══ Listed records

//! Shapes of expressions.

use bit_pattern::Pattern;
use mrs_arena::Op;
use serde_json::Value;

/// What an object says of itself as an expression. Its texts are those of the object.
#[derive(Clone, Copy)]
pub enum Shape<'v> {
    Truth(bool),
    Integer(i64),
    Bits(Pattern),
    /// A name, which is within the limits on names.
    Name(&'v str),
    /// Not `expr`.
    Not,
    /// `left` and `right`.
    Binary(Op),
    /// The function of that name, of `arguments`.
    Call(&'v str),
    /// Of `values`.
    Set,
    /// Of `values`.
    Join,
    /// Of `var` the one bit that this says, the only one of `arguments`.
    Index(&'v Value),
    /// Of `var` the bits from the `left` of this, the only one of `arguments`, to its `right`.
    Slice(&'v Value),
    /// None of these, whatever stands inside.
    Other,
}
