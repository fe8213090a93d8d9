//! The shape of an object, by its `_type` and its members.

ghost use Rattle.std.specs.Prelude.{◌≡◌, Some, codes, option_map, option_and_then, IfSome};
ghost use Rattle.serde_json.specs.Data.{Data};
ghost use Rattle.serde_json.specs.View.{view};
ghost use Rattle.spec_expressions.specs.Kind.{OfBool, OfInteger, OfBits, OfIdentifier, OfUnary, OfBinary, OfFunction, OfSet, OfConcat, OfSquare};
ghost use Rattle.spec_expressions.specs.Kind as kinds;
ghost use Rattle.spec_expressions.specs.Shape as spec;
ghost use Rattle.spec_expressions.specs.Expression as expression;
ghost use Rattle.mrs_arena.specs.Expressions.{op_of};
ghost use Rattle.expr_shape.specs.Shapes.{kind_of, shape_is, IsArgument, HasArgument};

use crate::kind::{ExprKind, kind_named, op_named};
use crate::members::{bits_at, has_object, has_objects, name_at, says, text_at, the_one_at};
use crate::shape::Shape;
use mrs_arena::Op;
use serde_json::Value;

/// The shape of a value. One that is no object, or whose `_type` or members have not the shape of an expression, is
/// `Other`.
pub fn shape_of(value: &Value) -> Shape<'_>
    ensures shape { shape_is result ≡ spec.shape_of (view value.now) }
    ensures argument { HasArgument (view value.now) result }
{
    match kind_at(value) {
        Some(kind) => match kind_shape(kind, value) {
            Some(shape) => shape,
            None => Shape::Other,
        },
        None => Shape::Other,
    }
}

fn kind_at(value: &Value) -> Option<ExprKind>
    ensures { option_map kind_of result ≡ option_and_then kinds.kind_named (spec.text_at (codes "_type") (view value.now)) }
{
    match text_at(value, "_type") {
        Some(text) => kind_named(text),
        None => None,
    }
}

/// The shape of an object of a kind, if it has the shape of one.
fn kind_shape(kind: ExprKind, value: &Value) -> Option<Shape<'_>>
    ensures shape { option_map shape_is result ≡ spec.kind_shape (kind_of kind) (view value.now) }
    ensures argument { IfSome result (HasArgument (view value.now)) }
{
    match kind {
        ExprKind::Truth => truth_shape(value),
        ExprKind::Integer => integer_shape(value),
        ExprKind::Bits => bits_shape(value),
        ExprKind::Identifier => name_shape(value),
        ExprKind::Unary => unary_shape(value),
        ExprKind::Binary => binary_shape(value),
        ExprKind::Function => call_shape(value),
        ExprKind::Set => when(has_objects(value, "values"), Shape::Set),
        ExprKind::Concat => when(has_objects(value, "values"), Shape::Join),
        ExprKind::Square => square_shape(value),
    }
}

fn truth_shape(value: &Value) -> Option<Shape<'_>>
    ensures shape { option_map shape_is result ≡ spec.kind_shape OfBool (view value.now) }
    ensures argument { IfSome result (HasArgument (view value.now)) }
{
    match value.get("value") {
        Some(found) => match found.as_bool() {
            Some(b) => Some(Shape::Truth(b)),
            None => None,
        },
        None => None,
    }
}

fn integer_shape(value: &Value) -> Option<Shape<'_>>
    ensures shape { option_map shape_is result ≡ spec.kind_shape OfInteger (view value.now) }
    ensures argument { IfSome result (HasArgument (view value.now)) }
{
    match value.get("value") {
        Some(found) => match found.as_i64() {
            Some(n) => Some(Shape::Integer(n)),
            None => None,
        },
        None => None,
    }
}

fn bits_shape(value: &Value) -> Option<Shape<'_>>
    ensures shape { option_map shape_is result ≡ spec.kind_shape OfBits (view value.now) }
    ensures argument { IfSome result (HasArgument (view value.now)) }
{
    match bits_at(value, "value") {
        Some(pattern) => Some(Shape::Bits(pattern)),
        None => None,
    }
}

fn name_shape(value: &Value) -> Option<Shape<'_>>
    ensures shape { option_map shape_is result ≡ spec.kind_shape OfIdentifier (view value.now) }
    ensures argument { IfSome result (HasArgument (view value.now)) }
{
    match name_at(value, "value") {
        Some(text) => Some(Shape::Name(text)),
        None => None,
    }
}

fn unary_shape(value: &Value) -> Option<Shape<'_>>
    ensures shape { option_map shape_is result ≡ spec.kind_shape OfUnary (view value.now) }
    ensures argument { IfSome result (HasArgument (view value.now)) }
{
    when(
        says(value, "op", "!") && has_object(value, "expr"),
        Shape::Not,
    )
}

fn binary_shape(value: &Value) -> Option<Shape<'_>>
    ensures shape { option_map shape_is result ≡ spec.kind_shape OfBinary (view value.now) }
    ensures argument { IfSome result (HasArgument (view value.now)) }
{
    if !(has_object(value, "left") && has_object(value, "right")) {
        return None;
    }
    match op_at(value) {
        Some(op) => Some(Shape::Binary(op)),
        None => None,
    }
}

fn op_at(value: &Value) -> Option<Op>
    ensures { option_map op_of result ≡ option_and_then expression.op_named (spec.text_at (codes "op") (view value.now)) }
{
    match text_at(value, "op") {
        Some(text) => op_named(text),
        None => None,
    }
}

fn call_shape(value: &Value) -> Option<Shape<'_>>
    ensures shape { option_map shape_is result ≡ spec.kind_shape OfFunction (view value.now) }
    ensures argument { IfSome result (HasArgument (view value.now)) }
{
    if !has_objects(value, "arguments") {
        return None;
    }
    match name_at(value, "name") {
        Some(name) => Some(Shape::Call(name)),
        None => None,
    }
}

fn square_shape(value: &Value) -> Option<Shape<'_>>
    ensures shape { option_map shape_is result ≡ spec.kind_shape OfSquare (view value.now) }
    ensures argument { IfSome result (HasArgument (view value.now)) }
{
    if !has_object(value, "var") {
        return None;
    }
    match the_one_at(value, "arguments") {
        Some(argument) => index_shape(argument),
        None => None,
    }
}

/// The shape of a square operator by its one argument.
fn index_shape(argument: &Value) -> Option<Shape<'_>>
    ensures shape { option_map shape_is result ≡ spec.index_shape (view argument.now) }
    ensures argument { (d : Data) → IsArgument d argument.now → IfSome result (HasArgument d) }
{
    if !says(argument, "_type", "AST.Slice") {
        return when(argument.is_object(), Shape::Index(argument));
    }
    let has_ends = has_object(argument, "left") && has_object(argument, "right");
    when(has_ends, Shape::Slice(argument))
}

/// That shape, where it is so.
fn when(so: bool, shape: Shape<'_>) -> Option<Shape<'_>>
    ensures shape { option_map shape_is result ≡ spec.where_so so (Some (shape_is shape.entry)) }
    ensures same { IfSome result (λ it. it ≡ shape.entry) }
{
    if so { Some(shape) } else { None }
}
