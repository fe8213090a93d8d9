//! The kinds of objects that are expressions, and the operators, by their texts.

ghost use Rattle.std.specs.Prelude.{◌≡◌, option_map};
ghost use Rattle.spec_expressions.specs.Kind.{kind_named};
ghost use Rattle.spec_expressions.specs.Expression.{op_named};
ghost use Rattle.mrs_arena.specs.Expressions.{op_of};
ghost use Rattle.expr_shape.specs.Shapes.{kind_of};

use mrs_arena::Op;

/// A kind of object, by the text of its `_type`.
#[derive(Clone, Copy)]
pub(crate) enum ExprKind {
    Truth,
    Integer,
    Bits,
    Identifier,
    Unary,
    Binary,
    Function,
    Set,
    Concat,
    Square,
}

/// The kind whose `_type` has that text.
pub(crate) fn kind_named(text: &str) -> Option<ExprKind>
    ensures { option_map kind_of result ≡ kind_named text.now }
{
    match text {
        "AST.Bool" => Some(ExprKind::Truth),
        "AST.Integer" => Some(ExprKind::Integer),
        "Values.Value" => Some(ExprKind::Bits),
        "AST.Identifier" => Some(ExprKind::Identifier),
        "AST.UnaryOp" => Some(ExprKind::Unary),
        "AST.BinaryOp" => Some(ExprKind::Binary),
        "AST.Function" => Some(ExprKind::Function),
        "AST.Set" => Some(ExprKind::Set),
        "AST.Concat" => Some(ExprKind::Concat),
        "AST.SquareOp" => Some(ExprKind::Square),
        _ => None,
    }
}

/// The operator of that text.
pub(crate) fn op_named(text: &str) -> Option<Op>
    ensures { option_map op_of result ≡ op_named text.now }
{
    match text {
        "&&" => Some(Op::And),
        "||" => Some(Op::Or),
        "-->" => Some(Op::Implies),
        "<->" => Some(Op::Iff),
        "==" => Some(Op::Eq),
        "!=" => Some(Op::Ne),
        "<" => Some(Op::Lt),
        "<=" => Some(Op::Le),
        ">" => Some(Op::Gt),
        ">=" => Some(Op::Ge),
        "IN" => Some(Op::Member),
        _ => None,
    }
}
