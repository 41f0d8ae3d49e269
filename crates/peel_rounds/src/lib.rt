// How many rounds a peel can have, and a row that reaches it: see specs/ and proofs/. There is no code here.
#![tactic(auto)]
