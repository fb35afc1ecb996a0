//! What the types of the language and of `std` show.
mod cells;
mod choice;
mod collections;
mod pointer;
mod simple;
mod tuple;
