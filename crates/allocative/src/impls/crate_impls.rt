//! What the types of the crates that this one depends on show.
ghost use Rattle.std.specs.FinMap.{len};
ghost use Rattle.std.specs.Prelude.{◌&&◌, true, codes, Some};
ghost use Rattle.slab.specs.Slab.{values};
ghost use Rattle.allocative_graph.specs.Shows as shows;
ghost use Rattle.allocative_graph.specs.Shows.{Nothing};
ghost use Rattle.allocative.specs.PackShows.{either_inside, graph_inside, index_map_inside, index_set_inside};
ghost use Rattle.allocative.specs.PackShows.{lru_cache_inside, once_inside, slab_inside, small_vec_inside};

pub mod json;

use crate::part::containers::Table;
use crate::visitor::iterators::Itself;
use crate::visitor::slices::are_shown_each;
use crate::{
    Allocative, Buffer, Declared, Described, Field, FieldEach, FlameGraph, Inside, Key, Pairs,
    Part, Refusal, Unique, Unused, Visitor, Whole,
};
use either::{Either, Left, Right};
use indexmap::{IndexMap, IndexSet};
use lru::LruCache;
use once_cell::race::OnceBox;
use slab::Slab;
use smallvec::SmallVec;
use std::hash::{BuildHasher, Hash};

impl<L: Allocative + Described, R: Allocative + Described> Allocative for Either<L, R> {
    ghost may_show = { λ e. shows.Field (codes "Either") ⟦<Either<L, R> as Described>⟧.layout.size
        (either_inside L.layout.size L.may_show R.layout.size R.may_show e) };

    ghost is_strict = { L.is_strict && R.is_strict };

    fn visit(&self, visitor: &mut Visitor<'_>) -> Result<(), Refusal> {
        match self {
            Left(left) => Whole(self, Field("Left", left)).enter(visitor),
            Right(right) => Whole(self, Field("Right", right)).enter(visitor),
        }
    }
}

impl Allocative for anyhow::Error {
    ghost may_show = { λ e. Nothing };

    ghost is_strict = { true };

    fn visit(&self, visitor: &mut Visitor<'_>) -> Result<(), Refusal> {
        ().enter(visitor)
    }
}

impl<
    K: Allocative + Described + Eq + Hash,
    V: Allocative + Described,
    S: BuildHasher + Described + Drop,
> Allocative for IndexMap<K, V, S> {
    ghost use Rattle.indexmap.specs.IndexMap.{spare};

    ghost may_show = { λ m. shows.Field (codes "IndexMap") ⟦<IndexMap<K, V, S> as Described>⟧.layout.size
        (index_map_inside K.layout.size K.may_show V.layout.size V.may_show ⟦<(K, V) as Described>⟧.layout.size
        m.entries (spare m)) };

    ghost is_strict = { K.is_strict && V.is_strict };

    fn visit(&self, visitor: &mut Visitor<'_>) -> Result<(), Refusal> {
        let unused = Unused {
            item_size: <(K, V)>::size(),
            count: self.capacity() - self.len(),
        };
        let data = Unique("data", 8, (Pairs(self), unused));
        Whole(self, (data, Table(self.len()))).enter(visitor)
    }
}

impl<T: Allocative + Described + Eq + Hash, S: BuildHasher + Described + Drop> Allocative
    for IndexSet<T, S> {
    ghost use Rattle.indexmap.specs.IndexSet.{spare};

    ghost may_show = { λ s. shows.Field (codes "IndexSet") ⟦<IndexSet<T, S> as Described>⟧.layout.size
        (index_set_inside T.layout.size T.may_show s.keys (spare s)) };

    ghost is_strict = { T.is_strict };

    fn visit(&self, visitor: &mut Visitor<'_>) -> Result<(), Refusal> {
        let unused = Unused {
            item_size: T::size(),
            count: self.capacity() - self.len(),
        };
        let data = Unique("data", 8, (FieldEach("value", self), unused));
        Whole(self, (data, Table(self.len()))).enter(visitor)
    }
}

#[tactic(auto, using(crate::proofs::Parts::parts, crate::proofs::Parts::strict))]
impl<
    K: Allocative + Described + Eq + Hash,
    V: Allocative + Described,
    S: BuildHasher + Described + Drop,
> Allocative for LruCache<K, V, S> {
    ghost may_show = { λ c. shows.Field (codes "LruCache") ⟦<LruCache<K, V, S> as Described>⟧.layout.size
        (lru_cache_inside K.layout.size K.may_show V.layout.size V.may_show c.entries) };

    ghost is_strict = { K.is_strict && V.is_strict };

    fn visit(&self, visitor: &mut Visitor<'_>) -> Result<(), Refusal> {
        let pairs = Unique("ptr", 8, Pairs(self));
        Whole(self, (pairs, Table(self.len()))).enter(visitor)
    }
}

#[tactic(auto, using(crate::proofs::Parts::parts))]
impl<T: Allocative> Allocative for OnceBox<T> {
    ghost may_show = { λ b. shows.Inside (codes "OnceBox") 8 (once_inside T.may_show) };

    fn visit(&self, visitor: &mut Visitor<'_>) -> Result<(), Refusal> {
        let name = "OnceBox";
        match self.get() {
            None => Inside(name, 8, ()).enter(visitor),
            Some(value) => Inside(name, 8, Unique("ptr", 8, value)).enter(visitor),
        }
    }
}

/// The slice of a slab's values, in the order of their keys.
#[derive(Drop)]
pub(crate) struct Values<'a, T>(pub(crate) &'a Slab<T>);

impl<'a, T: Allocative + Described> Part for Values<'a, T> {
    ghost may_show = { λ s. shows.slice_shows T.layout.name T.layout.size T.layout.needs_drop T.may_show
        (values s.0.now) };

    ghost is_strict = { T.is_strict };

    fn enter(self, visitor: &mut Visitor<'_>) -> Result<(), Refusal> {
        if are_shown_each::<T>() {
            let values = self.0.iter().map(|(_key, value)| value);
            return visitor.visit_run(Itself, values);
        }
        visitor.visit_total_bytes::<T>(Key::for_type_name::<T>(), Some(self.0.len()))
    }
}

impl<T: Allocative + Described> Allocative for Slab<T> {
    ghost may_show = { λ s. shows.Inside (codes "Slab") 40 (slab_inside T.layout.name T.layout.size T.layout.needs_drop
        T.may_show s) };

    ghost is_strict = { T.is_strict };

    fn visit(&self, visitor: &mut Visitor<'_>) -> Result<(), Refusal> {
        let buffer = Buffer {
            items: Values(self),
            item_size: T::size(),
            count: self.len(),
            capacity: self.capacity(),
        };
        Inside("Slab", 40, buffer).enter(visitor)
    }
}

impl<T: Allocative + Described, const N: usize> Allocative for SmallVec<T, N> {
    ghost may_show = { λ v. shows.Field (codes "SmallVec") ⟦<SmallVec<T, N> as Described>⟧.layout.size
        (small_vec_inside N T.layout.size T.may_show v) };

    ghost is_strict = { T.is_strict };

    fn visit(&self, visitor: &mut Visitor<'_>) -> Result<(), Refusal> {
        let items = FieldEach("data", self.as_slice());
        if self.spilled() {
            Whole(self, Unique("ptr", 8, items)).enter(visitor)
        } else {
            Whole(self, items).enter(visitor)
        }
    }
}

// A pointer to the nodes below the root, each of a key of 16 bytes and a graph of 40. Keys do not own their texts, and
// unused places of a list of nodes are not counted.
impl Allocative for FlameGraph {
    ghost may_show = { λ g. shows.Field (codes "FlameGraph") (Some 40) (graph_inside (len g)) };

    ghost is_strict = { true };

    fn visit(&self, visitor: &mut Visitor<'_>) -> Result<(), Refusal> {
        let paths = self.path_count();
        let bytes = paths.and_then(|all| all.saturating_sub(1).checked_mul(56));
        let nodes = Declared("Child", bytes, ());
        Whole(self, Unique("ptr", 8, nodes)).enter(visitor)
    }
}
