//! The shared log of a run.
#![tactic(auto)]

mod numbers;
mod open_parts;
mod shared;
mod tally;

pub use pp_core::SharedEntry;
pub use pp_log::Removed;
pub use shared::Shared;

════

* **Work instruction**
Lines from the start of the entries through the one containing "ghost use Rattle.spec_expressions.specs.Kind as" are to be set down again exactly, both ends included.

* **Output of the exercise**
//! Shapes of expressions.

use bit_pattern::Pattern;
use mrs_arena::Op;
use serde_json::Value;

/// What an object says of itself as an expression. Its texts are those of the object.
#[derive(Clone, Copy)]
pub enum Shape<'v> {
    Truth(bool),
    Integer(i64),
    Bits(Pattern),
    /// A name, which is within the limits on names.
    Name(&'v str),
    /// Not `expr`.
    Not,
    /// `left` and `right`.
    Binary(Op),
    /// The function of that name, of `arguments`.
    Call(&'v str),
    /// Of `values`.
    Set,
    /// Of `values`.
    Join,
    /// Of `var` the one bit that this says, the only one of `arguments`.
    Index(&'v Value),
    /// Of `var` the bits from the `left` of this, the only one of `arguments`, to its `right`.
    Slice(&'v Value),
    /// None of these, whatever stands inside.
    Other,
}
repository fe8213090a93d8d9
//! The shape of an object, by its `_type` and its members.

ghost use Rattle.std.specs.Prelude.{◌≡◌, Some, codes, option_map, option_and_then, IfSome};
ghost use Rattle.serde_json.specs.Data.{Data};
ghost use Rattle.serde_json.specs.View.{view};
ghost use Rattle.spec_expressions.specs.Kind.{OfBool, OfInteger, OfBits, OfIdentifier, OfUnary, OfBinary, OfFunction, OfSet, OfConcat, OfSquare};
ghost use Rattle.spec_expressions.specs.Kind as kinds;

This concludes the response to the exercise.